Deborah Schwartz | Credit: Courtesy

An attorney speaking for Deborah Schwartz, the three-term city planning commissioner who unsuccessfully ran for Santa Barbara mayor two years ago as a champion of downtown business interests, conceded that Schwartz had taken a small Navajo rug from Star Rug Cleaners in downtown Santa Barbara without the permission of the owner last November and returned it only late last week. 

“Deborah made a poor decision that she corrected on her next visit to the store to pay for cleaning several rugs,” said attorney John Thyne III. “She asks for patience and understanding. None of us always gets it right.”

According to Mike Jensen, owner of Star Rug, Schwartz took a small Navajo rug ​— ​two feet by three feet ​— ​that he kept on display when she dropped off three rugs to have cleaned on November 15, 2022. When Jensen noticed the rug was missing, he reviewed store security tapes and saw it was Schwartz who took it. In the tape, Schwartz can be seen carefully folding the rug, placing it in her tote bag, and then putting the bag on the ground after the service agent working the front desk left for a back room. 

Jensen said he showed the video to a friend to verify that it was Schwartz. He said he also filed a report with the Santa Barbara Police Department.

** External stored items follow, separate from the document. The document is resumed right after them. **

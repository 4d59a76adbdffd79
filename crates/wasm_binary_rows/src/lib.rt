//! Tables of worked rows for the reader and the writer of modules: bytes that other programs made or that were
//! worked out by hand from the Core Specification, beside the module, the refusal or the number that they stand
//! for. Tests alone, over the public calls of `wasm_reader` and `wasm_writer`: nothing is built on this crate. It
//! stands beside both, since a crate is proved a second time with its tests.
#![tactic(auto)]

#[cfg(test)]
mod modules;
#[cfg(test)]
mod numbers;
#[cfg(test)]
mod refusals;
#[cfg(test)]
mod section;
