use crate::modules::{SMALL, after_header};
use std::alloc::{AllocError, Global};
use std::test::*;
use wasm_reader::read_module;
use wasm_tree::{ModuleFail, ModuleRule};

fn refusal(alloc: Global, bytes: &[u8]) -> Option<(u64, ModuleRule)> {
    match read_module(alloc, bytes) {
        Err(ModuleFail::Refused(refused)) => Some((refused.offset, refused.rule)),
        _ => None,
    }
}

#[test]
fn each_shorter_length(rt: HostRuntime) {
    for length in 0..SMALL.len() {
        // where a section ends and no function lacks its code
        let whole = [8, 19, 29, 44, 98].contains(&length);
        let refused = refusal(rt.alloc(), &SMALL[..length]);
        assert_eq!(rt; refused.is_none(), whole, "{length}");
    }
}

#[test]
fn other_headers(rt: HostRuntime) {
    let rows: [(&[u8], u64); 3] = [
        (&[], 0),
        (&[0x00, 0x61, 0x73], 3),
        (&[0x00, 0x61, 0x73, 0x6D, 0x02, 0x00, 0x00, 0x00], 4),
    ];
    for (bytes, offset) in rows {
        let want = Some((offset, ModuleRule::Header));
        assert_eq!(rt; refusal(rt.alloc(), bytes), want, "{bytes:?}");
    }
}

#[test]
fn refusals(rt: HostRuntime) -> Result<(), Fail> {
    let alloc = rt.alloc();
    let rows: [(&[u8], u64, ModuleRule); 18] = [
        // a count of elements that are missing
        (
            &[0x01, 0x05, 0xff, 0xff, 0xff, 0xff, 0x0f],
            15,
            ModuleRule::Size,
        ),
        // a size of six bytes
        (
            &[0x00, 0x89, 0x80, 0x80, 0x80, 0x80, 0x00],
            9,
            ModuleRule::Number,
        ),
        // a size of 33 bits
        (&[0x01, 0x80, 0x80, 0x80, 0x80, 0x10], 9, ModuleRule::Number),
        // types after imports
        (
            &[0x02, 0x01, 0x00, 0x01, 0x01, 0x00],
            11,
            ModuleRule::Section,
        ),
        // types twice
        (
            &[0x01, 0x01, 0x00, 0x01, 0x01, 0x00],
            11,
            ModuleRule::Section,
        ),
        // a byte too many in a section
        (&[0x01, 0x02, 0x00, 0x00], 11, ModuleRule::Size),
        // a size past the end
        (&[0x01, 0x03, 0x00], 11, ModuleRule::Size),
        // no function type
        (&[0x01, 0x02, 0x01, 0x61], 11, ModuleRule::Opcode),
        // a parameter of f32
        (
            &[0x01, 0x04, 0x01, 0x60, 0x01, 0x7d],
            13,
            ModuleRule::Opcode,
        ),
        // a name that is no UTF-8
        (&[0x00, 0x03, 0x02, 0x61, 0xff], 12, ModuleRule::Text),
        // a name past its section
        (&[0x00, 0x03, 0x05, 0x61, 0x62], 13, ModuleRule::Size),
        // a global that is no constant
        (
            &[0x06, 0x06, 0x01, 0x7f, 0x00, 0x23, 0x00, 0x0b],
            13,
            ModuleRule::Opcode,
        ),
        // a constant of 33 bits
        (
            &[
                0x06, 0x09, 0x01, 0x7f, 0x00, 0x41, 0x80, 0x80, 0x80, 0x80, 0x08, 0x0b,
            ],
            14,
            ModuleRule::Number,
        ),
        // a function without code
        (&[0x03, 0x02, 0x01, 0x00], 12, ModuleRule::Size),
        // an else in a block
        (
            &[0x0a, 0x07, 0x01, 0x05, 0x00, 0x02, 0x40, 0x05, 0x0b],
            15,
            ModuleRule::Opcode,
        ),
        // 65,536 locals and one more
        (
            &[
                0x0a, 0x0a, 0x01, 0x08, 0x02, 0x80, 0x80, 0x04, 0x7f, 0x01, 0x7e, 0x0b,
            ],
            17,
            ModuleRule::Limit,
        ),
        // as many locals as a number can say, of f32
        (
            &[
                0x0a, 0x0a, 0x01, 0x08, 0x01, 0xff, 0xff, 0xff, 0xff, 0x0f, 0x7d, 0x0b,
            ],
            13,
            ModuleRule::Limit,
        ),
        // another byte behind memory.size
        (
            &[0x0a, 0x06, 0x01, 0x04, 0x00, 0x3f, 0x01, 0x0b],
            14,
            ModuleRule::Opcode,
        ),
    ];
    for (sections, offset, rule) in rows {
        let bytes = after_header(alloc, sections)?;
        let refused = refusal(alloc, &bytes);
        assert_eq!(rt; refused, Some((offset, rule)), "{sections:?}");
    }
    Ok(())
}

#[test]
fn each_id_outside_the_subset(rt: HostRuntime) -> Result<(), Fail> {
    for id in 0..=u8::MAX {
        let bytes = after_header(rt.alloc(), &[id, 0x01, 0x00])?;
        let want = match id {
            0..=3 | 5..=7 | 10..=11 => None,
            _ => Some((8, ModuleRule::Section)),
        };
        assert_eq!(rt; refusal(rt.alloc(), &bytes), want, "{id}");
    }
    Ok(())
}

/// A module that begins so after the header, and then opens and ends this many blocks inside one another.
fn nested(alloc: Global, start: &[u8], depth: u32) -> Result<Vec<u8>, AllocError> {
    let mut bytes = after_header(alloc, start)?;
    for _ in 0..depth {
        bytes.extend_from_slice(&[0x02, 0x40])?;
    }
    for _ in 0..depth {
        bytes.push(0x0b)?;
    }
    bytes.push(0x0b)?;
    Ok(bytes)
}

#[test]
fn as_many_locals_and_blocks_as_may_be(rt: HostRuntime) -> Result<(), Fail> {
    let locals = [
        0x03, 0x02, 0x01, 0x00, 0x0a, 0x08, 0x01, 0x06, 0x01, 0x80, 0x80, 0x04, 0x7f,
    ];
    let bytes = nested(rt.alloc(), &locals, 0)?;
    assert!(rt; read_module(rt.alloc(), &bytes).is_ok());
    let deepest = [
        0x03, 0x02, 0x01, 0x00, 0x0a, 0x85, 0x60, 0x01, 0x82, 0x60, 0x00,
    ];
    let bytes = nested(rt.alloc(), &deepest, 4096)?;
    assert!(rt; read_module(rt.alloc(), &bytes).is_ok());
    let too_deep = [
        0x03, 0x02, 0x01, 0x00, 0x0a, 0x88, 0x60, 0x01, 0x85, 0x60, 0x00,
    ];
    let bytes = nested(rt.alloc(), &too_deep, 4097)?;
    let refused = refusal(rt.alloc(), &bytes);
    assert_eq!(rt; refused, Some((8211, ModuleRule::Limit)));
    Ok(())
}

The rug, he said, was worth anywhere from $800 to $1,500. He said efforts to communicate with Schwartz proved fruitless. Only after the security footage got into public distribution, Jensen said, did Schwartz return it. 

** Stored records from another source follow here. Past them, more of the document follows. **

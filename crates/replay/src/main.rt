// Replays a script from standard input, and writes its trace to standard output.
#![tactic(auto)]

ghost use Rattle.std.specs.Prelude.{◌*◌, ◌≡◌, ◌≤◌, length};
ghost use Rattle.replay.specs.declared.TheConstants.{SERVERS, LINE_LEN};

use base::{Place, Sizes};
use script::{Command, Note};
use site::Cluster;
use std::io;
use std::io::{Read, Write};

// The most servers that a script has.
const SERVERS: u8 = 7;

// The transactions for which a history has room.
const ROOM: Place = Place(16);

// The messages for which a channel has room.
const DEPTH: u8 = 4;

// The words of a history, of a message with one, and of a channel.
const HISTORY_LEN: usize = 2 * ROOM.0 as usize;

const MESSAGE_LEN: usize = 4 + HISTORY_LEN;

const CHANNEL_LEN: usize = DEPTH as usize * MESSAGE_LEN;

// The words of every server's history, of the channels between any two, and of the outbox.
const HISTORIES_LEN: usize = SERVERS as usize * HISTORY_LEN;

const CHANNELS_LEN: usize = SERVERS as usize * SERVERS as usize * CHANNEL_LEN;

const OUTBOX_LEN: usize = 6 * (1 + MESSAGE_LEN);

// The bytes that a line may write.
const TRACE_LEN: usize = 12480;

// The bytes of a line that are kept: no command is as long.
const LINE_LEN: usize = 64;

// The bytes that are read at once.
const INPUT_LEN: usize = 4096;

// The start of the next line, as much of it as is read and there is room for.
#[derive(Drop)]
struct Kept {
    bytes: [u8; LINE_LEN],
    len: usize,
    ghost fits: { len ≤ LINE_LEN },
}

impl Kept {
    fn add(&mut self, part: &[u8]) {
        let n = part.len().min(LINE_LEN - self.len);
        self.bytes[self.len..self.len + n].copy_from_slice(&part[..n]);
        self.len += n;
    }

    // The command of the line, which ends here.
    fn take(&mut self) -> Option<Command> {
        let cmd = script::parse(&self.bytes[..self.len]);
        self.len = 0;
        cmd
    }
}

// The cluster between two events, and the number of the next line.
#[derive(Clone, Copy)]
struct Run {
    line: u64,
    cluster: Cluster,
    ghost few: { cluster.sizes.n ≤ SERVERS },
}

// What the next line is: the first, which has to be N; an event; nothing, since all is over.
#[derive(Clone, Copy)]
enum Phase {
    First,
    Event(Run),
    Over,
}

// The words that are lent by the number of servers.
#[derive(Drop)]
struct Words {
    hists: [u64; HISTORIES_LEN],
    cands: [u64; HISTORIES_LEN],
    queue: [u64; CHANNELS_LEN],
}

impl Words {
    // As many of each as n servers need.
    fn parts(&mut self, n: u8) -> (&mut [u64], &mut [u64], &mut [u64])
        requires { n ≤ SERVERS }
        ensures hists { length result.0.now ≡ HISTORY_LEN * n }
        ensures cands { length result.1.now ≡ HISTORY_LEN * n }
        ensures queue { length result.2.now ≡ CHANNEL_LEN * (n * n) }
    {
        let k = usize::from(n);
        let Words {
            hists,
            cands,
            queue,
        } = self;
        let (hists, _) = hists.split_at_mut(HISTORY_LEN * k);
        let (cands, _) = cands.split_at_mut(HISTORY_LEN * k);
        let (queue, _) = queue.split_at_mut(CHANNEL_LEN * (k * k));
        (hists, cands, queue)
    }
}

// The program between two parts of its input.
#[derive(Drop)]
struct Replay {
    phase: Phase,
    kept: Kept,
    words: Words,
    outbox: [u64; OUTBOX_LEN],
    trace: [u8; TRACE_LEN],
}

impl Replay {
    fn new() -> Self {
        Replay {
            phase: Phase::First,
            kept: Kept {
                bytes: [0; LINE_LEN],
                len: 0,
            },
            words: Words {
                hists: [0; HISTORIES_LEN],
                cands: [0; HISTORIES_LEN],
                queue: [0; CHANNELS_LEN],
            },
            outbox: [0; OUTBOX_LEN],
            trace: [0; TRACE_LEN],
        }
    }

    // The only output of a script whose first line is not N.
    fn no_header<W: Write>(&mut self, to: &mut W) -> io::Result<()> {
        self.phase = Phase::Over;
        let end = script::write_record(&mut self.trace, 0, Note::Refuses(1, 1));
        to.write_all(&self.trace[..end])
    }

    // The first line: N, and a fresh cluster.
    fn begin<W: Write>(&mut self, to: &mut W, n: u8) -> io::Result<()>
        requires { n ≤ SERVERS }
    {
        let z = Sizes { n, room: ROOM };
        let (hists, cands, queue) = self.words.parts(n);
        let t = cluster::fresh(z, DEPTH, hists, cands, queue, &self.outbox);
        self.phase = Phase::Event(Run {
            line: 2,
            cluster: t.cluster,
        });
        let end = script::write_header(&mut self.trace, 0, n);
        to.write_all(&self.trace[..end])
    }

    // A line after the first.
    #[tactic(auto, using(crate::proofs::Laws::wrote_in))]
    fn follow<W: Write>(&mut self, to: &mut W, run: Run, cmd: Option<Command>) -> io::Result<()> {
        let (hists, cands, queue) = self.words.parts(run.cluster.sizes.n);
        let t = scribe::tell(
            run.cluster,
            run.line,
            cmd,
            hists,
            cands,
            queue,
            &mut self.outbox,
            &mut self.trace,
        );
        self.phase = Phase::Event(Run {
            line: run.line.saturating_add(1),
            cluster: t.cluster,
        });
        to.write_all(&self.trace[..t.end])
    }

    // A line, whatever it is.
    fn meet<W: Write>(&mut self, to: &mut W, cmd: Option<Command>) -> io::Result<()> {
        match (self.phase, cmd) {
            (Phase::First, Some(Command::Begin(n))) if n <= SERVERS => self.begin(to, n),
            (Phase::First, _) => self.no_header(to),
            (Phase::Event(run), _) => self.follow(to, run, cmd),
            (Phase::Over, _) => Ok(()),
        }
    }

    // A part of the input: every line that ends in it, and the rest kept.
    fn feed<W: Write>(&mut self, to: &mut W, input: &[u8]) -> io::Result<()> {
        for part in input.split_inclusive(|b| *b == b'\n') {
            match part {
                [line @ .., b'\n'] => {
                    self.kept.add(line);
                    let cmd = self.kept.take();
                    self.meet(to, cmd)?;
                }
                rest => self.kept.add(rest),
            }
        }
        Ok(())
    }

    // Text after the last newline is a bad line; without a first line there is no header.
    fn end<W: Write>(&mut self, to: &mut W) -> io::Result<()> {
        match self.phase {
            Phase::First => self.no_header(to),
            _ if 0 < self.kept.len => self.meet(to, None),
            _ => Ok(()),
        }
    }

    // All of the input, part after part.
    fn drive<R: Read, W: Write>(&mut self, from: &mut R, to: &mut W) -> io::Result<()> {
        let mut input = [0; INPUT_LEN];
        // A proved loop has to end, so this one has as many turns as no run uses up.
        for _ in 0..u64::MAX {
            let n = from.read(&mut input)?;
            if n == 0 {
                break;
            }
            self.feed(to, &input[..n])?;
        }
        self.end(to)
    }
}

fn main(rt: HostRuntime) -> io::Result<()> {
    Replay::new().drive(&mut rt.stdin(), &mut rt.stdout())
}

When she turned it in last Thursday, Jensen said, Schwartz said there’d been a miscommunication. Thyne took issue with the notion that the video prompted Schwartz to return the rug. She returned the rug, he said, when she picked up the three rugs she’d had cleaned. She brought in another rug for cleaning at the same time. 

“Her knowledge of the video was concurrent with her returning the rug, but that was correlation rather than causation.” 

He also said, “Deborah has done much to help many throughout our community over the years.” 

Jensen said he dropped the charges once the rug was returned. He said he’d have done the same no matter what the income level of the person who took it. “The point was to get the item returned,” he said. 

As a planning commissioner, Schwartz was known for being commanding and decisive. But as a mayoral candidate, she chose to run her own campaign and didn’t fare well. She came in fourth out of a field of six. Randy Rowse, then a former city councilmember, won with a plurality of 39 percent.